Move over grannies—or anyone who thought that grannies had a monopoly on knitting—Ally Bernstein A’13 and Betsy Sallee ’13are reclaiming the craft for college kids with a new yarn bombing club, Creating Order Out of Chaos.
“Creating Order out of Chaos is about taking something that’s transient, a yarn ball that’s really nothing, and arranging it to be tangible and permanent,” Sallee said. “It’s a philosophical idea applied to a craft—it’s why I love to knit.”
Last winter Bernstein taught Sallee the tricks of the trade. Sallee was so taken with the craft that she started a WestCo knitting club.
“Wesleyan doesn’t offer any fiber arts classes and there were no knitting clubs,” Sallee said. “There was no outlet for our creative impulses.”
The club began with only Sallee and a few other devotedknitters who met in the WestCo lobby once a week. Not discouraged, Sallee asked Bernstein to help her start something bigger.
“I just like making something that no one else has made,” Bernstein said. “I love knowing that no one else has made this physical thing because I’m holding it in my hands right now. I never finish projects. But Betsy brings a passion for organization and is much more product-oriented. That’s why we’re a great team.”
Bernstein and Sallee have encountered a considerable amount of student interest on campus.

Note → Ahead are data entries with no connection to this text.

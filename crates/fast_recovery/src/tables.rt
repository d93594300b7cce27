//! Which tables pages and rows stand for.
ghost use Rattle.std.specs.Prelude.{◌≡◌, ℕ, IfOk, IfErr};
ghost use Rattle.ids_model.specs.Logged.{StandsWhole};
ghost use Rattle.fast_recovery.specs.BrokenRows.{IsBrokenRow};
ghost use Rattle.fast_recovery.specs.Found.{AreNumbered, IsGreatest};

use crate::catalogue::Catalogue;
use crate::numbers::TableNumbers;
use crate::replay::Replay;
use crate::rows::put_rows;
use ids_base::memory::Memory;
use ids_base::numbers::TableNo;
use ids_model::tables::PlainTables;

/// What pages and rows stand for: the tables, the number of each, and the greatest number of a table that was seen.
#[derive(Drop)]
pub struct Found {
    pub tables: PlainTables,
    pub numbers: TableNumbers,
    pub greatest: TableNo,
}

/// Why no tables are found.
#[derive(Clone, Copy, Debug, PartialEq, Eq, Drop)]
pub enum TablesFault {
    /// Memory was wanting.
    Memory,
    /// Pages and rows are no well formed ones; the row id that breaks a rule of them.
    Damaged(u32),
}

impl From<Memory> for TablesFault {
    ghost use Rattle.std.specs.Prelude.{◌≡◌};
    ghost use Rattle.fast_recovery.specs.declared.tables.TablesFault.TheVariants.{Memory};

    ghost from_gives = { λ _ e. e ≡ Memory };

    fn from(_memory: Memory) -> TablesFault {
        TablesFault::Memory
    }
}

impl Replay {
    /// The tables that pages and rows stand for, their numbers, and the greatest number of a table that owns a page or is in
    /// the catalogue, 99 where there is none. `Damaged` comes where pages and rows are no well formed ones, with the row id that
    /// breaks a rule of these: of a row that its table or the catalogue cannot have, as one with the key of a lesser row id, or of
    /// slot 1 of a page that has not the row length of its owner. Three passes over pages and rows, with logarithmic look-ups;
    /// takes memory for the tables.
    pub fn tables(&self) -> Result<Found, TablesFault>
        ensures stands { IfOk result (λ f. StandsWhole self.now.own self.now.slots f.tables) }
        ensures numbers { IfOk result (λ f. AreNumbered self.now.own self.now.slots f.tables f.numbers) }
        ensures greatest { IfOk result (λ f. IsGreatest self.now.own self.now.slots f.greatest) }
        ensures damaged { IfErr result (λ e. (row : ℕ) → e ≡ TablesFault.Damaged row → IsBrokenRow self.now.own self.now.slots row) }
    {
        let alloc = self.alloc();
        let owners = self.owners();
        let slots = self.slots();
        let catalogue = Catalogue::read(alloc, owners, slots)?;
        catalogue.check_pages(owners)?;
        let greatest = catalogue.greatest.max(owners.greatest_table());
        let mut tables = catalogue.tables;
        put_rows(alloc, owners, slots, &catalogue.names, &mut tables)?;
        Ok(Found {
            tables,
            numbers: catalogue.numbers,
            greatest,
        })
    }
}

“There are tons of knitters here,” Bernstein said. “People have learned how to knit during all parts of their lives, and they’re really coming out of the woodwork. To have a venue to do something more than knitting is great for a lot of people.”
“It’s a new spin for something old and neglected,” Sallee added.
Sallee and Bernstein agree that the club fosters an appreciation of their craft and promotes the rewards of both the process and the resulting product.
“It gets to the point where it’s nice to make something that’s not necessarily for yourself,” Bernstein said. “It’s a big motivating factor that takes away an element of selfishness. I can enjoy the process and be committed to it because it’s something for me and other people.”
Now that it has taken off, the club has plans in the works for donating their creations.
“We’re going to knit winter clothing items like hats, gloves, and scarves for a local charity that could really use extra clothing,” Bernstein said. “Knitting items does take a lot of effort, and people really do appreciate hand-knitted things to wear.”
As the club hones their skills, Creating Out of Chaos plans to devote time in the spring to art installations and yarn bombing. Yarn bombing, which has been called the least offensive form of graffiti by some, uses decorative displays of vibrant knitting and crochet to adorn public spaces.
“Art installations zero in on one meaning, while yarn bombing is about the whole concept and process,” Sallee said.
“Regular graffiti can be about leaving your mark,” Bernstein said. “Chalking at Wesleyan has always had a political bent, but yarn bombing takes time and intent. Originally it was about urban reclamation—making cold spaces warm—but at Wesleyan it would obviously mean something different. It could really mean anything you wanted it to.”
Sallee plans to hang pom-poms and weave a yarn spider web from the trees across campus, while Bernstein has grand plans for art installations.
“I want to make a knitted cave where you would crawl through a tube in the dark, and then inside there would be knitted stalactites and stalagmites,” Bernstein said. “It would be about contrasting the scariness in the unknown with the weirdness inside.”